俺が通用口から外へ出ると、背後で戸は閉まり、老人が閂をかけたようだった。カイリが帰ってきたらどうするのかも、俺とはもう無関係。
昼間で、食事を取って帰ることにした。もう店のものと顔見知りになっている蕎麦屋で、素早く済ませ、宿へ戻った。

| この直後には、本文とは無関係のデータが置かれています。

ghost use Rattle.std.specs.Prelude.{◌≡◌, ◌++◌, IfOk, OnOk};
ghost use Rattle.osview_graph.specs.Arrows.{use_of, uses, uses_of};

use flow_core_laws::{Activation, Claim};
use os_io::Memory;
use std::alloc::Global;

/// An item of a task's clauses as one activation has it.
#[derive(Clone, Copy, Debug, PartialEq, Eq)]
pub(crate) struct Use {
    pub(crate) task: u32,
    /// Its number among the items of the task.
    pub(crate) item: u64,
    pub(crate) stream: u32,
    /// Whether it is an output item.
    pub(crate) write: bool,
    pub(crate) horizon: u32,
    pub(crate) burst: u32,
}

/// An item as a claim has it.
fn use_of(task: u32, item: u64, claim: &Claim) -> Use
    ensures { result ≡ use_of task item claim.now }
{
    Use {
        task,
        item,
        stream: claim.stream,
        write: claim.write,
        horizon: claim.horizon,
        burst: claim.burst,
    }
}

/// Adds the items of an activation.
fn add_uses(all: &mut Vec<Use>, activation: &Activation) -> Result<(), Memory>
    ensures { OnOk result (all.new.items ≡ all.old.items ++ uses_of activation.now) }
{
    for (item, claim) in activation.claims.as_slice().iter().enumerate() {
        all.push(use_of(activation.site, item as u64, claim))?;
    }
    Ok(())
}

/// The items of all activations.
pub(crate) fn uses(alloc: Global, activations: &[Activation]) -> Result<Vec<Use>, Memory>
    ensures { IfOk result (λ all. all.items ≡ uses activations.now) }
{
    let mut all = Vec::new(alloc);
    for activation in activations {
        add_uses(&mut all, activation)?;
    }
    Ok(all)
}
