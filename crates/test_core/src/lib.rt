//! Tests of notifications, the outbox, outcomes and the core.
#![tactic(auto)]

#[cfg(test)]
mod tests;
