mod acts;
mod core_events;
mod hook;
mod notice;
mod outcome;
mod samples;
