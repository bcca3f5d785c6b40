// What is demanded of calls for a station, as laws over the definitions: see proofs/. What is told in numbers, which the pages cite: see specs/.
#![tactic(auto)]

建物に入ったところで、番頭の男性に「明日には発とうと思います」と声をかけた。番頭はちょっと驚いたようだったが、「はい、承りました」と丁寧に頭をさげる。先に銭を払いたいから、と告げると、夕食の後にお支払いください、とのことだった。
自分の部屋に上がり、戸を開いて寝転がった。
風が吹き込んでくる。もう秋の気配は完全に過ぎ去ろうとしている。
長くハバタの街に滞在したが、後味の悪いものになった。
剣術というものが、ただ相手を切るだけの技ではないと、知らされたようなものだ。
相手を切る技術だとしても、切るには理由があり、切れば因縁がまとわりつき、剣術に基づいて剣を振るうことで、余計なものがこれでもかとまとわりついてくる。
ゼンキを切った時、そういうものは何もなかった。
ゼンキが世間と縁を切っていたからだろうか。
あるいは世間の中にいる、集団を作るということは、ある種の剣を鈍らせる防御なのだろうか。様々なしがらみを用意して、剣を向けてくるものを先に縛り上げて、身動きを取れなくする。

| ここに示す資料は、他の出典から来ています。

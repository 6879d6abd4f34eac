use fddevs::part::PartMove;
use session::command::{Command, Malformed, Source};
use session::numeral::{decimal_number, hex_byte};
use session::parse::parse;
use std::alloc::Global;
use std::test::Fail;
use timers::setting::Setting;

fn malformed(heap: Global, line: &str, what: Malformed) -> Result<(), Fail> {
    match parse(heap, line) {
        Ok(_) => Err(Fail::new("a malformed line was read")),
        Err(found) if found == what => Ok(()),
        Err(found) => Err(Fail::new(format_args!("{found:?} in place of {what:?}"))),
    }
}

#[test]
fn numbers_are_read(rt: HostRuntime) {
    assert_eq!(rt; decimal_number(b"65534"), Some(65_534));
    assert_eq!(rt; decimal_number(b"18446744073709551615"), Some(u64::MAX));
    assert_eq!(rt; decimal_number(b"18446744073709551616"), None);
    assert_eq!(rt; decimal_number(b""), None);
    assert_eq!(rt; decimal_number(b"+5"), None);
    assert_eq!(rt; hex_byte(b"Ff"), Some(255));
    assert_eq!(rt; hex_byte(b"0g"), None);
    assert_eq!(rt; hex_byte(b"F"), None);
}

#[test]
fn bank_lines_are_read(rt: HostRuntime) -> Result<(), Fail> {
    match parse(rt.alloc(), "timers 20/5 70000/0")? {
        Some(Command::Timers(list)) => {
            assert!(rt; list.len() == 2);
            assert_eq!(rt;
                list[1],
                Setting {
                    operate: 70_000,
                    hold: 0,
                }
            );
        }
        _ => return Err(Fail::new("no timers")),
    }
    match parse(rt.alloc(), "scheme hex 01 fF")? {
        Some(Command::Scheme(Source::Bytes(bytes))) => {
            assert!(rt; bytes.len() == 2);
            assert_eq!(rt; bytes[1], 255);
            Ok(())
        }
        _ => Err(Fail::new("no bytes")),
    }
}

#[test]
fn moves_are_read(rt: HostRuntime) -> Result<(), Fail> {
    match parse(rt.alloc(), "follow 3: input 1, delay 20,inner")? {
        Some(Command::Follow(part, moves)) => {
            assert_eq!(rt; part, 3);
            assert!(rt; moves.len() == 3);
            assert_eq!(rt; moves[0], PartMove::Input(1));
            assert_eq!(rt; moves[1], PartMove::Delay(20));
            assert_eq!(rt; moves[2], PartMove::Internal);
            Ok(())
        }
        _ => Err(Fail::new("no moves")),
    }
}

#[test]
fn malformed_lines_say_what_was_expected(rt: HostRuntime) -> Result<(), Fail> {
    for (line, what) in [
        ("bank 1", Malformed::Command),
        ("sheet all", Malformed::NothingMore),
        ("timers 20", Malformed::Setting),
        ("timers 20/-5", Malformed::Setting),
        ("scheme", Malformed::Source),
        ("scheme hex 1 02", Malformed::HexPair),
        ("rows hex 01", Malformed::PartCount),
        ("bar 0:1 2", Malformed::Condition),
        ("verdict now", Malformed::NothingMore),
        ("follow inner", Malformed::Part),
        ("follow 256: inner", Malformed::Part),
        ("follow 0: input", Malformed::Move),
        ("follow 0: inner, ", Malformed::Move),
    ] {
        malformed(rt.alloc(), line, what)?;
    }
    Ok(())
}

#[test]
fn empty_lines_and_comments_are_passed_over(rt: HostRuntime) -> Result<(), Fail> {
    assert!(rt; parse(rt.alloc(), "  ")?.is_none());
    assert!(rt; parse(rt.alloc(), "# sheet")?.is_none());
    Ok(())
}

ケイロウが強い剣士を求めるのは、あるいは何かを防いでいるのかもしれない。
少ない流血で、大きな効果があるのだ。あるいはそれは、恐怖による支配かもしれず、そうでなければ残酷さによる威圧かもしれない。
支配者、権力者というのは、そういう防御を常に意識するものなのだろう。でなければ、今いる地位から転落してしまう。常に身を守り続けないといけない立場なのだ。
これもまた一つの学習、ということか。
ひときわ強い風が吹き込んできた。
冷えた、透き通った空気だった。